Renewable energy may also play a role in advanced desalination technologies. In addition to the collaboration between the UAE’s Masdar and Chinese photovoltaic firms, San Francisco’s WaterFX firm is developing a solar-thermal desalination technology in California’s Panoche Water and Drainage District in the Central Valley. The aim is to produce agricultural irrigation water from wastewater, drainage water, runoff, saline groundwater, and industrial process water. The project uses parabolic solar collectors to heat mineral oil that then flows to a heat pump, and the heat pump distills the feedwater.

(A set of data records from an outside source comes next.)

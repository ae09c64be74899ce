// Values in short.
use call_lines::Stop;
use mesh_net::{Cidr, IpAddr, write_ip};
use mesh_policy::Label;
use mesh_text::{List, Text};
use std::alloc::{AllocError, Global};

pub fn address(alloc: Global, ip: &IpAddr) -> Result<String, Stop> {
    let text = write_ip(alloc, ip)?;
    Ok(format!(in alloc; "{text}")?)
}

pub fn block(alloc: Global, block: &Cidr) -> Result<String, Stop> {
    let text = write_ip(alloc, &block.addr)?;
    Ok(format!(in alloc; "{}/{}", text, block.len)?)
}

/// The labels, each with a space behind it.
pub fn push_labels(out: &mut String, labels: &List<Label>) -> Result<(), AllocError> {
    for label in labels {
        write!(out, "{}={} ", label.key, label.value)?;
    }
    Ok(())
}

/// The name and the texts, as ` NAME=TEXT,TEXT`; nothing where there are none.
pub fn push_texts(out: &mut String, name: &str, texts: &List<Text>) -> Result<(), Stop> {
    for (i, text) in texts.as_slice().iter().enumerate() {
        push_mark(out, name, i)?;
        out.push_str(text.as_str())?;
    }
    Ok(())
}

pub fn push_ports(out: &mut String, name: &str, ports: &List<u16>) -> Result<(), Stop> {
    for (i, port) in ports.as_slice().iter().enumerate() {
        push_mark(out, name, i)?;
        write!(out, "{port}")?;
    }
    Ok(())
}

pub fn push_blocks(
    alloc: Global,
    out: &mut String,
    name: &str,
    blocks: &List<Cidr>,
) -> Result<(), Stop> {
    for (i, item) in blocks.as_slice().iter().enumerate() {
        push_mark(out, name, i)?;
        out.push_str(block(alloc, item)?.as_str())?;
    }
    Ok(())
}

// What stands before the entry of that number.
fn push_mark(out: &mut String, name: &str, number: usize) -> Result<(), AllocError> {
    if number == 0 {
        write!(out, " {name}=")
    } else {
        out.push_str(",")
    }
}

Nuclear, meanwhile, remains an oft-discussed but little-used energy source for desalination. According to the World Nuclear Association, most of the few nuclear plants worldwide with operational desalination facilities use their output for plant make-up rather than supplying potable water. Though some attention is being devoted toward small nuclear as an energy source (see “Small Modular Reactors Speaking in Foreign Tongues” in the January 2015 issue), high costs are likely to continue to deter meaningful deployment of nuclear-powered desalination plants.

Forecasting whether any of these new technologies will survive the test of the market is impossible. Nor is it certain that the current surge in interest in desalination will continue. But many—from around the world—are betting substantial sums that it will. ■

Kennedy Maize is a frequent POWER contributor.